From AI nonsense to training data inbreeding

So AI results that have been trained on nonsense source material end up generating nonsense results. But that’s not the only problem with training data.

See, as more and more AI-generated content is set loose into the world, it creates a recursive loop where AI models are being trained on more and more AI content. This reduces the weighting of human content in AI models, and over time it will make AI content more and more, well, obviously generated by AI..

Ed Zitron puts it best in his recent piece Are We Watching The Internet Die? as per the below extract:

The Habsburgs, European monarchs who ruled Austria, Germany and eventually the Holy Roman Empire, were notoriously protective about their bloodline, which after two centuries resulted in all sorts of genetic abnormalities.

Is the future of search going to be defined by inbred abnormalities and fake results?
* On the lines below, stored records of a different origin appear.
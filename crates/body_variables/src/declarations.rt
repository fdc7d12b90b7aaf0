//! Variables by their declarations.

ghost use Rattle.std.specs.Prelude.{◌≡◌, ◌++◌, IfOk, OnOk, Some, map};
ghost use Rattle.std.specs.List.{flat_map};
ghost use Rattle.java_syntax.specs.AnnotationTrees.{modifier_of};
ghost use Rattle.java_annotations.specs.Annotations.{annotation_in};
ghost use Rattle.java_syntax.specs.StatementTrees.{for_start_of, local_of, resource_of, variable_of};
ghost use Rattle.java_statement_rules.specs.Surroundings.{surroundings_of};
ghost use Rattle.body_variables.specs.BodyVariables.{catch_variable, local_variables, parameter_variables, resource_variables, start_variables};
ghost use Rattle.body_variables.specs.Declarations.{annotations_among, declared, variable_in, variable_with};

use java_annotations::raw_annotations;
use java_statement_rules::{BodyScope, cast_type, class_type, parameter_type};
use java_syntax::{ForStart, Local, Modifier, Name, Param, Resource, Variable};
use program_model::{ParamSig, RawAnno, VType, Var};
use rlc_base::NoMemory;
use std::alloc::Global;

fn annotations_among(alloc: Global, modifiers: &[Modifier]) -> Result<Vec<RawAnno>, NoMemory>
    ensures { IfOk result (λ v. map annotation_in v.items ≡ annotations_among (map modifier_of modifiers.now)) }
{
    raw_annotations(alloc, modifiers)
}

fn variable(
    alloc: Global,
    modifiers: &[Modifier],
    name: &Name,
    vtype: VType,
) -> Result<Var, NoMemory>
    ensures { IfOk result (λ x. variable_in x ≡ variable_with (map modifier_of modifiers.now) name.now vtype) }
{
    let text = name.text.clone()?;
    match annotations_among(alloc, modifiers) {
        Ok(annos) => Ok(Var {
            name: text,
            vtype,
            annos,
            pos: name.pos,
        }),
        Err(error) => Err(error),
    }
}

// Puts the variable at the end, where its type is not refused.
fn push_variable(
    alloc: Global,
    made: &mut Vec<Var>,
    modifiers: &[Modifier],
    name: &Name,
    vtype: Option<VType>,
) -> Result<(), NoMemory>
    ensures { OnOk result (map variable_in made.new.items ≡ map variable_in made.old.items ++ declared (map modifier_of modifiers.now) name.now vtype) }
{
    match vtype {
        None => Ok(()),
        Some(vtype) => {
            made.push(variable(alloc, modifiers, name, vtype)?)?;
            Ok(())
        }
    }
}

/// Puts the parameters at the end, with the types that the table has.
pub(crate) fn push_parameters(
    alloc: Global,
    made: &mut Vec<Var>,
    parameters: &[Param],
    signature: &[ParamSig],
) -> Result<(), NoMemory>
    ensures { OnOk result (map variable_in made.new.items ≡ map variable_in made.old.items ++ parameter_variables parameters.now signature.now) }
{
    for (written, typed) in parameters.iter().zip(signature) {
        let vtype = Some(typed.vtype);
        push_variable(alloc, made, &written.modifiers, &written.name, vtype)?;
    }
    Ok(())
}

// Puts variables of one type at the end.
fn push_variables(
    alloc: Global,
    made: &mut Vec<Var>,
    modifiers: &[Modifier],
    vtype: Option<VType>,
    variables: &[Variable],
) -> Result<(), NoMemory>
    ensures { OnOk result (map variable_in made.new.items ≡ map variable_in made.old.items ++ flat_map (λ v. declared (map modifier_of modifiers.now) v.name vtype) (map variable_of variables.now)) }
{
    for variable in variables {
        push_variable(alloc, made, modifiers, &variable.name, vtype)?;
    }
    Ok(())
}

/// Puts the variables of a declaration at the end.
pub(crate) fn push_local(
    alloc: Global,
    scope: &BodyScope,
    made: &mut Vec<Var>,
    local: &Local,
) -> Result<(), NoMemory>
    ensures { OnOk result (map variable_in made.new.items ≡ map variable_in made.old.items ++ local_variables (surroundings_of scope.now) (local_of local.now)) }
{
    let vtype = cast_type(scope, &local.typ);
    push_variables(alloc, made, &local.modifiers, vtype, &local.variables)
}

/// Puts the variables that a `for` declares at the end.
pub(crate) fn push_start(
    alloc: Global,
    scope: &BodyScope,
    made: &mut Vec<Var>,
    start: &ForStart,
) -> Result<(), NoMemory>
    ensures { OnOk result (map variable_in made.new.items ≡ map variable_in made.old.items ++ start_variables (surroundings_of scope.now) (for_start_of start.now)) }
{
    match start {
        ForStart::Declaration(local) => push_local(alloc, scope, made, local),
        ForStart::Expressions(_) => Ok(()),
    }
}

/// Puts the resources of a `try` at the end.
pub(crate) fn push_resources(
    alloc: Global,
    scope: &BodyScope,
    made: &mut Vec<Var>,
    resources: &[Resource],
) -> Result<(), NoMemory>
    ensures { OnOk result (map variable_in made.new.items ≡ map variable_in made.old.items ++ resource_variables (surroundings_of scope.now) (map resource_of resources.now)) }
{
    for resource in resources {
        let vtype = class_type(scope, &resource.class);
        push_variable(alloc, made, &resource.modifiers, &resource.name, vtype)?;
    }
    Ok(())
}

/// Puts the parameter of a catch clause at the end.
pub(crate) fn push_catch(
    alloc: Global,
    scope: &BodyScope,
    made: &mut Vec<Var>,
    modifiers: &[Modifier],
    classes: &[Name],
    name: &Name,
) -> Result<(), NoMemory>
    ensures { OnOk result (map variable_in made.new.items ≡ map variable_in made.old.items ++ catch_variable (surroundings_of scope.now) (map modifier_of modifiers.now) classes.now name.now) }
{
    push_variable(alloc, made, modifiers, name, parameter_type(scope, classes))
}
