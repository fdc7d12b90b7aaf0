//! Certificates of accepted programs: the pairs of a node and a fact that paths reach in each body, written as a text that a checker takes
//! which does not search.
#![tactic(auto)]

mod bodies;
mod lines;
mod program;
mod sheet;

pub use flow_certs::check_cert;
pub use program::{Certified, write_cert};
pub use sheet::MAX_CERTIFICATE;
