//! The refusals of super types of a wrong kind, of throws clauses, and of a core library that is not as the language says.
#![tactic(auto)]

mod core_library;
mod exceptions;
mod kinds;
mod throws;

pub use core_library::core_refusal;
pub use exceptions::Pair;
pub use kinds::kind_refusal;
pub use throws::{Hierarchy, throws_refusal};
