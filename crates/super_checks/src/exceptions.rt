//! The exceptions of the core library.

ghost use Rattle.std.specs.Prelude.{◌≡◌, ◌↔◌, ◌&&◌, All, length, IsTrue, IfOk};
ghost use Rattle.class_names.specs.ClassNames.{rows_in};
ghost use Rattle.class_order.specs.Core.{AreCore};
ghost use Rattle.class_headers.specs.SuperTypes.{AreKnown};
ghost use Rattle.super_checks.specs.SuperCases.{HasExceptions};
ghost use Rattle.super_checks.specs.Readiness.{IsPairUnder, IsPairWithin};

use class_headers::{clear_marks, is_under};
use class_names::ClassNames;
use program_model::{ClassId, CoreClasses};
use rlc_base::NoMemory;
use std::alloc::Global;

/// A class and one that it has to stand under.
#[derive(Clone, Copy)]
pub struct Pair {
    pub lower: ClassId,
    pub upper: ClassId,
}

/// Whether both hold.
pub(crate) fn both(first: bool, second: bool) -> bool
    ensures { result ≡ (first && second) }
{
    first && second
}

// Whether each class stands under the other one of its pair.
fn are_under(alloc: Global, direct: &[Vec<ClassId>], pairs: &[Pair]) -> Result<bool, NoMemory>
    requires known { AreKnown (rows_in direct.now) }
    requires within { All (IsPairWithin (length direct.now)) pairs.now }
    ensures { IfOk result (λ b. IsTrue b ↔ All (IsPairUnder (rows_in direct.now)) pairs.now) }
{
    let mut marks = clear_marks(alloc, direct.len())?;
    let mut all = true;
    for pair in pairs {
        let fits = is_under(alloc, direct, &mut marks, pair.lower, pair.upper)?;
        all = both(all, fits);
    }
    Ok(all)
}

/// Whether the exceptions of the core library stand under each other as the language says (JLS 11.1.1, 15.6).
pub(crate) fn has_exceptions(
    alloc: Global,
    names: &ClassNames,
    direct: &[Vec<ClassId>],
    core: CoreClasses,
) -> Result<bool, NoMemory>
    requires known { AreKnown (rows_in direct.now) }
    requires long { length names.now ≡ length direct.now }
    requires core { AreCore names.now core }
    ensures { IfOk result (λ b. IsTrue b ↔ HasExceptions (rows_in direct.now) core) }
{
    let unchecked = core.runtime_exception;
    let pairs = [
        Pair {
            lower: core.error,
            upper: core.throwable,
        },
        Pair {
            lower: unchecked,
            upper: core.throwable,
        },
        Pair {
            lower: core.arithmetic_exception,
            upper: unchecked,
        },
        Pair {
            lower: core.array_index_exception,
            upper: unchecked,
        },
        Pair {
            lower: core.class_cast_exception,
            upper: unchecked,
        },
        Pair {
            lower: core.negative_array_size_exception,
            upper: unchecked,
        },
        Pair {
            lower: core.null_pointer_exception,
            upper: unchecked,
        },
    ];
    let all = are_under(alloc, direct, &pairs)?;
    Ok(all)
}
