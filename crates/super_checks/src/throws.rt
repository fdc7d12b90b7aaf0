//! Throws clauses.

ghost use Rattle.std.specs.Prelude.{◌≡◌, length, map, IfOk, OnOk};
ghost use Rattle.class_names.specs.ClassNames.{rows_in};
ghost use Rattle.class_names.specs.Meanings.{unit_of};
ghost use Rattle.class_order.specs.Cases.{IsAmong, IsLeast};
ghost use Rattle.class_order.specs.Declarations.{declaration_of};
ghost use Rattle.class_headers.specs.SuperTypes.{AreKnown};
ghost use Rattle.class_declarations.specs.Members.{written_of};
ghost use Rattle.super_checks.specs.Readiness.{AreReady};
ghost use Rattle.super_checks.specs.SuperCases.{IsThrowsAt, IsThrowsIn, IsThrowsOf, IsUnfit};

use class_declarations::{MethodTree, written_in};
use class_headers::{class_named, clear_marks, is_under};
use class_names::{ClassNames, Scope};
use class_order::Declared;
use java_syntax::Name;
use program_model::ClassId;
use refusal_order::{lesser_of, where_true};
use rlc_base::{Code, NoMemory, Refusal};
use std::alloc::Global;

/// The classes among which the names of throws clauses are looked up.
#[derive(Clone, Copy)]
pub struct Hierarchy<'n, 'd> {
    /// Their names.
    pub names: &'n ClassNames,
    /// What stands right above each.
    pub direct: &'d [Vec<ClassId>],
    /// `java.lang.Throwable`.
    pub throwable: ClassId,
}

// The refusal of a name of a throws clause.
fn throws_at(
    alloc: Global,
    hierarchy: &Hierarchy,
    marks: &mut Vec<bool>,
    scope: &Scope,
    name: &Name,
) -> Result<Option<Refusal>, NoMemory>
    requires known { AreKnown (rows_in hierarchy.now.direct.now) }
    requires long { length hierarchy.now.names.now ≡ length hierarchy.now.direct.now }
    requires ready { AreReady (length hierarchy.now.direct.now) marks.old.items }
    ensures least { IfOk result (λ r. IsLeast (IsThrowsAt hierarchy.now.names.now (rows_in hierarchy.now.direct.now) hierarchy.now.throwable (unit_of scope.now) name.now) r) }
    ensures ready { OnOk result (AreReady (length hierarchy.now.direct.now) marks.new.items) }
{
    match class_named(hierarchy.names, scope, name) {
        None => Ok(None),
        Some(thrown) => {
            let fits = is_under(alloc, hierarchy.direct, marks, thrown, hierarchy.throwable)?;
            Ok(where_true(!fits, Code::BadSuper, name.pos))
        }
    }
}

// The least refusal of the names of a throws clause.
fn throws_in(
    alloc: Global,
    hierarchy: &Hierarchy,
    marks: &mut Vec<bool>,
    scope: &Scope,
    clause: &[Name],
) -> Result<Option<Refusal>, NoMemory>
    requires known { AreKnown (rows_in hierarchy.now.direct.now) }
    requires long { length hierarchy.now.names.now ≡ length hierarchy.now.direct.now }
    requires ready { AreReady (length hierarchy.now.direct.now) marks.old.items }
    ensures least { IfOk result (λ r. IsLeast (IsAmong (IsThrowsAt hierarchy.now.names.now (rows_in hierarchy.now.direct.now) hierarchy.now.throwable (unit_of scope.now)) clause.now) r) }
    ensures ready { OnOk result (AreReady (length hierarchy.now.direct.now) marks.new.items) }
{
    let mut found = None;
    for name in clause {
        let own = throws_at(alloc, hierarchy, marks, scope, name)?;
        found = lesser_of(found, own);
    }
    Ok(found)
}

// The least refusal of the throws clauses of methods and constructors.
fn throws_among(
    alloc: Global,
    hierarchy: &Hierarchy,
    marks: &mut Vec<bool>,
    scope: &Scope,
    trees: &[MethodTree],
) -> Result<Option<Refusal>, NoMemory>
    requires known { AreKnown (rows_in hierarchy.now.direct.now) }
    requires long { length hierarchy.now.names.now ≡ length hierarchy.now.direct.now }
    requires ready { AreReady (length hierarchy.now.direct.now) marks.old.items }
    ensures least { IfOk result (λ r. IsLeast (IsAmong (IsThrowsIn hierarchy.now.names.now (rows_in hierarchy.now.direct.now) hierarchy.now.throwable (unit_of scope.now)) (map written_of trees.now)) r) }
    ensures ready { OnOk result (AreReady (length hierarchy.now.direct.now) marks.new.items) }
{
    let mut found = None;
    for tree in trees {
        let own = throws_in(alloc, hierarchy, marks, scope, tree.throws())?;
        found = lesser_of(found, own);
    }
    Ok(found)
}

// The least refusal of the throws clauses of a class.
fn throws_of_class(
    alloc: Global,
    hierarchy: &Hierarchy,
    marks: &mut Vec<bool>,
    class: &Declared,
) -> Result<Option<Refusal>, NoMemory>
    requires known { AreKnown (rows_in hierarchy.now.direct.now) }
    requires long { length hierarchy.now.names.now ≡ length hierarchy.now.direct.now }
    requires ready { AreReady (length hierarchy.now.direct.now) marks.old.items }
    ensures least { IfOk result (λ r. IsLeast (IsThrowsOf hierarchy.now.names.now (rows_in hierarchy.now.direct.now) hierarchy.now.throwable (declaration_of class.now)) r) }
    ensures ready { OnOk result (AreReady (length hierarchy.now.direct.now) marks.new.items) }
{
    let trees = written_in(alloc, hierarchy.names, class)?;
    throws_among(alloc, hierarchy, marks, &class.scope, &trees)
}

/// The least refusal of throws clauses, code 34 at the name: one that means a class that is not under `Throwable`.
pub fn throws_refusal(
    alloc: Global,
    hierarchy: &Hierarchy,
    order: &[Declared],
) -> Result<Option<Refusal>, NoMemory>
    requires known { AreKnown (rows_in hierarchy.now.direct.now) }
    requires long { length hierarchy.now.names.now ≡ length hierarchy.now.direct.now }
    ensures { IfOk result (λ r. IsLeast (IsAmong (IsThrowsOf hierarchy.now.names.now (rows_in hierarchy.now.direct.now) hierarchy.now.throwable) (map declaration_of order.now)) r) }
{
    let mut marks = clear_marks(alloc, hierarchy.direct.len())?;
    let mut found = None;
    for class in order {
        let own = throws_of_class(alloc, hierarchy, &mut marks, class)?;
        found = lesser_of(found, own);
    }
    Ok(found)
}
The only solution (for now) is to turn back time

Hopefully Google will learn from these mistakes and take steps to exclude satire and poor quality data from their training results, and also improve the ability of AI Overview and featured snippets to recognise false premises.

But this could take months or years. What can we do in the meantime if you don’t want health tips that could kill you in your search results?

The answer is &udm=14 which is a URL parameter you can add to your search queries to remove the AI results, as well as other recent features like knowledge panels and even ads.

It’s essentially a time machine to an early 2000s version of Google, accessible by using a magical code. After all, how else would you get a time machine to work?

Even better, is a search engine that automatically appends this URL parameter to your searches, to make it even easier to get unadulterated results.

So that’s some positive news, but a tool like &udm14 really shouldn’t need to exist.

Let’s hope that Google learn from this and put quality control ahead of chasing the hype train with their next release.